Il avait agressé sexuellement une gendarme sous ses ordres à la caserne: un gradé condamné et déchu
PAR FRANCK LECLERC Mis à jour le 14/11/2020 à 12:21 Publié le 14/11/2020 à 12:04
Vaguement sordide et tristement banal. Le dossier jugé ce vendredi matin devant le tribunal correctionnel de Nice ne mériterait pas d’être qualifié autrement si les faits ne s’étaient produits dans l’enceinte d’une caserne de gendarmerie.
Ce qui ajoute à l’opprobre, puisque ce gradé de 28 ans a sali l’honneur, l’uniforme et la réputation de son institution.
Laquelle, loin de le couvrir, épaulait ce vendredi sa victime, et ostensiblement.
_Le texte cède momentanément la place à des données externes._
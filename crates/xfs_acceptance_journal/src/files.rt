//! Files of the tests.

use std::fs::File;
use std::io;

/// The file of this path, which is there, opened for reading and writing.
pub fn opened(rt: &HostRuntime, path: &str) -> io::Result<File> {
    File::options().read(true).write(true).open(rt, path)
}
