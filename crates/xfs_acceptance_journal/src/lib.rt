//! What only a call can show of disks and journals, as tests; and the bytes of short journals.
#![tactic(auto)]

#[cfg(test)]
mod disk_calls;
#[cfg(test)]
mod files;
#[cfg(test)]
mod journal_calls;
#[cfg(test)]
mod kept_calls;
#[cfg(test)]
mod migrate_calls;
pub mod short_files;
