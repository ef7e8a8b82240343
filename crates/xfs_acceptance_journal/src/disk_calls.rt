ghost use Rattle.std.specs.Prelude.{◌≡◌, IfOk};
ghost use Rattle.xfs_disk.specs.MemDisk.{bytes_of};

use crate::files::opened;
use std::alloc::Global;
use std::fs;
use std::test::Fail;
use xfs_disk::{Disk, FailDisk, FileDisk, FuseDisk, MemDisk};

fn disk(alloc: Global, bytes: &[u8]) -> Result<MemDisk, Fail>
    ensures { IfOk result (λ d. bytes_of d ≡ bytes.now) }
{
    Ok(MemDisk::new(alloc, bytes.to_vec(alloc)?))
}

#[test]
fn a_crash_loses_or_blots_what_no_sync_kept(rt: HostRuntime) -> Result<(), Fail> {
    let alloc = rt.alloc();
    for (pick, left) in [
        (0, [1, 2, 3].as_slice()),
        (7, [1, 2, 7, 7].as_slice()),
        (256, [1, 2, 0, 0].as_slice()),
    ] {
        let mut file = disk(alloc, &[1, 2, 3])?;
        assert!(rt; file.write_at(2, &[4, 5]).is_ok());
        assert!(rt; file.bytes() == [1, 2, 4, 5].as_slice());
        assert!(rt; file.crash(pick).bytes() == left, "pick {pick}");
    }
    Ok(())
}

// Whether what is behind the fourth byte is cut and synced, and the file made longer again.
fn is_cut<D: Disk>(file: &mut D) -> bool {
    file.cut(4).is_ok() && file.sync().is_ok() && file.cut(6).is_ok()
}

#[test]
fn a_sync_keeps_what_was_written_and_cut(rt: HostRuntime) -> Result<(), Fail> {
    let mut file = disk(rt.alloc(), &[1, 2, 3])?;
    assert!(rt; file.write_at(3, &[4, 5]).is_ok());
    assert!(rt; is_cut(&mut file));
    assert!(rt; file.bytes() == [1, 2, 3, 4, 0, 0].as_slice());
    assert!(rt; file.crash(0).bytes() == [1, 2, 3, 4].as_slice());
    Ok(())
}

// How many bytes a read at each of these places gives. None where one fails.
fn counts_at<D: Disk>(file: &mut D, places: [u64; 4]) -> Option<[usize; 4]> {
    let mut page = [0; 4];
    let [a, b, c, d] = places;
    Some([
        file.read(a, &mut page).ok()?,
        file.read(b, &mut page).ok()?,
        file.read(c, &mut page).ok()?,
        file.read(d, &mut page).ok()?,
    ])
}

#[test]
fn reads_are_counted(rt: HostRuntime) -> Result<(), Fail> {
    let mut file = disk(rt.alloc(), &[1, 2, 3])?;
    let counts = counts_at(&mut file, [0, 2, 3, 99]);
    assert!(rt; counts == Some([3, 1, 0, 0]) && file.len() == Ok(3));
    assert!(rt; file.reads() == 4 && file.widest() == 4);
    Ok(())
}

// Which of three syncs pass, and which of three writes of a byte.
fn syncs<D: Disk>(disk: &mut D) -> [bool; 3] {
    [1, 2, 3].map(|_| disk.sync().is_ok())
}

fn writes<D: Disk>(disk: &mut D) -> [bool; 3] {
    [1, 2, 3].map(|byte| disk.write_at(0, &[byte]).is_ok())
}

#[test]
fn a_call_fails_at_its_place(rt: HostRuntime) -> Result<(), Fail> {
    let failing = Vec::from_slice(rt.alloc(), &[2])?;
    let mut disk = FailDisk::new(disk(rt.alloc(), &[])?, failing);
    assert!(rt; syncs(&mut disk) == [true, false, true]);
    assert!(rt; disk.inner().bytes() == [].as_slice());
    Ok(())
}

#[test]
fn calls_fail_from_a_place_on(rt: HostRuntime) -> Result<(), Fail> {
    let mut disk = FuseDisk::new(disk(rt.alloc(), &[])?, 1);
    assert!(rt; writes(&mut disk) == [true, false, false]);
    assert!(rt; disk.inner().bytes() == [1].as_slice());
    Ok(())
}

#[test]
fn a_file_is_written_cut_synced_and_read(rt: HostRuntime) -> Result<(), Fail> {
    fs::write(&rt, "xfs_disk.test", b"")?;
    let mut disk = FileDisk::new(opened(&rt, "xfs_disk.test")?);
    assert!(rt; disk.write_at(0, &[1, 2, 3, 4]).is_ok());
    assert!(rt; disk.cut(3).is_ok());
    assert!(rt; disk.sync().is_ok());
    let mut page = [0; 8];
    assert!(rt; disk.len() == Ok(3));
    assert!(rt; disk.read(1, &mut page) == Ok(2));
    assert!(rt; page == [2, 3, 0, 0, 0, 0, 0, 0]);
    assert!(rt; disk.read(3, &mut page) == Ok(0));
    fs::remove_file(&rt, "xfs_disk.test")?;
    Ok(())
}

#[test]
fn a_file_that_has_no_sync_fails_it(rt: HostRuntime) -> Result<(), Fail> {
    let mut null = FileDisk::new(opened(&rt, "/dev/null")?);
    assert!(rt; null.write_at(0, &[1]).is_ok());
    for _ in 0..3 {
        assert!(rt; null.sync().is_err());
    }
    Ok(())
}
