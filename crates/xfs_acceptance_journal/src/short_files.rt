//! The bytes of journals with one or two records.

use std::alloc::{AllocError, Global};

// Four units of 100 notes, in the places of a boot record.
fn places() -> [u8; 192] {
    let mut bytes = [0; 192];
    for unit in 0..4 {
        bytes[4 * unit + 3] = 100;
    }
    bytes
}

// An Issue, and the closed gate behind it.
const ISSUE: [u8; 21] = *b"\x01\0\x11I\0\0\0\0\0\0\0\x01\xE5\x6A\x5D\x40\x28\xBD\x86\x53\0";

// What begins a file, with its first record up to the places, then the places, and an issue.
fn file_from(alloc: Global, begin: &[u8]) -> Result<Vec<u8>, AllocError> {
    let mut bytes = begin.to_vec(alloc)?;
    bytes.extend_from_slice(&places())?;
    bytes.extend_from_slice(&ISSUE)?;
    Ok(bytes)
}

/// The file of 225 bytes that an older program left: a Boot and an Issue.
pub fn old_file(alloc: Global) -> Result<Vec<u8>, AllocError> {
    file_from(alloc, b"XFSJRNL1\x01\x00\xC1\x42")
}

/// The file after the start on an empty disk, and an issue.
pub fn short_file(alloc: Global) -> Result<Vec<u8>, AllocError> {
    file_from(alloc, b"XFSJRNL2\x01\x00\xC9\x4B\0\0\0\0\0\0\0\0")
}

/// The first 212 bytes of it, and a closed gate.
pub fn start_file(alloc: Global) -> Result<Vec<u8>, AllocError> {
    let mut bytes = short_file(alloc)?;
    bytes.truncate(212);
    bytes.push(0)?;
    Ok(bytes)
}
Une gendarmette de 23 ans.
Alternativement tremblante et tétanisée, manifestement très affectée. Soirée du 16 août. Une petite brigade, dans l’arrière-pays. Le maréchal des logis chef J. propose à deux gendarmes adjoints volontaires de prendre un verre. Quelques verres. Trop de verres.
Anisette et tequila, le mélange ne tarde pas à produire un effet dévastateur. Il apparait que J. est un dragueur. « Coureur de jupons« , selon la procureure.
La jeune gendarmette, une jolie brune, ne déplaît pas à ce solide et beau garçon qui en ferait bien son affaire.
Tout ce petit monde réside au même endroit. Lui est en position de commandement, ce soir-là elle fait relâche.
L’alcool aidant, il s’enhardit et, totalement désinhibé, tente de l’embrasser sur le balcon. Elle tourne la tête et se dégage.
Le message devrait être clair, sans les vapeurs de l’éthanol.
Il n’en reste pas là. Un peu plus tard dans la soirée, les deux hommes doivent raccompagner la jeune femme dans son logement partagé, puisqu’elle est incapable de marcher. J. parvient à subtiliser les clés et, feignant de rentrer dans son appartement, la rejoint subrepticement, alors qu’elle commence à somnoler.
Il s’allonge sur elle, la caresse, commence à déboutonner son short et son chemisier. Elle trouve la force de protester: « Non, pas ça« .
Il se relève, s’excuse et quitte la pièce sans insister. Le ministère public décrira toute sa souffrance à elle, au réveil ; la sensation d’avoir vécu un mauvais rêve. « Il était son partenaire de patrouille. Son chef qui, soi-disant, l’avait prise sous son aile. »
Jugeant « hors sujet » la circonstance aggravante selon laquelle l’agression sexuelle aurait été commise par une personne ayant autorité, compte tenu du contexte de l’infraction, elle requerra deux ans d’emprisonnement, dont un avec sursis.
Peu disert, plutôt athlétique, le jeune homme, états de service irréprochables mais séducteur invétéré, s’en veut de lui avoir fait « tant de mal« .
Il s’en est fait aussi à lui-même, ce soir-là. Sa compagne ne l’a pas quitté, mais pour le reste, il a tout perdu. Lui qui aime son métier a été suspendu, mis à l’index par toute sa hiérarchie dont il a trahi la confiance.
Me Olesky, au nom de la victime: « Elle s’est sentie chosifiée. Déshumanisée. Trois mois après les faits, elle est encore prostrée, stressée, hyper-angoissée à l’idée de cette audience. »
Elle a dû changer de brigade, réfléchit même à une possible mutation dans une autre région. Pour Me Carles, sur le moment, le prévenu a « l’impression que c’est possible » et croit simplement que la jeune femme est gênée par la présence d’un tiers.
D’où l’espoir de son client d’obtenir ses faveurs en la rejoignant dans sa chambre. « Quand elle le lui demande, il s’arrête. Ce n’est pas un prédateur. Dans sa tête, il n’y a pas de mal. »
Le tribunal ne l’entend pas ainsi. La condamnation est sévère. Dix-huit mois avec sursis probatoire pendant deux ans, interdiction définitive d’exercer, inscription au fichier des auteurs d’infractions sexuelles ou violentes.
Le gendarme déchu a dix jours pour faire appel.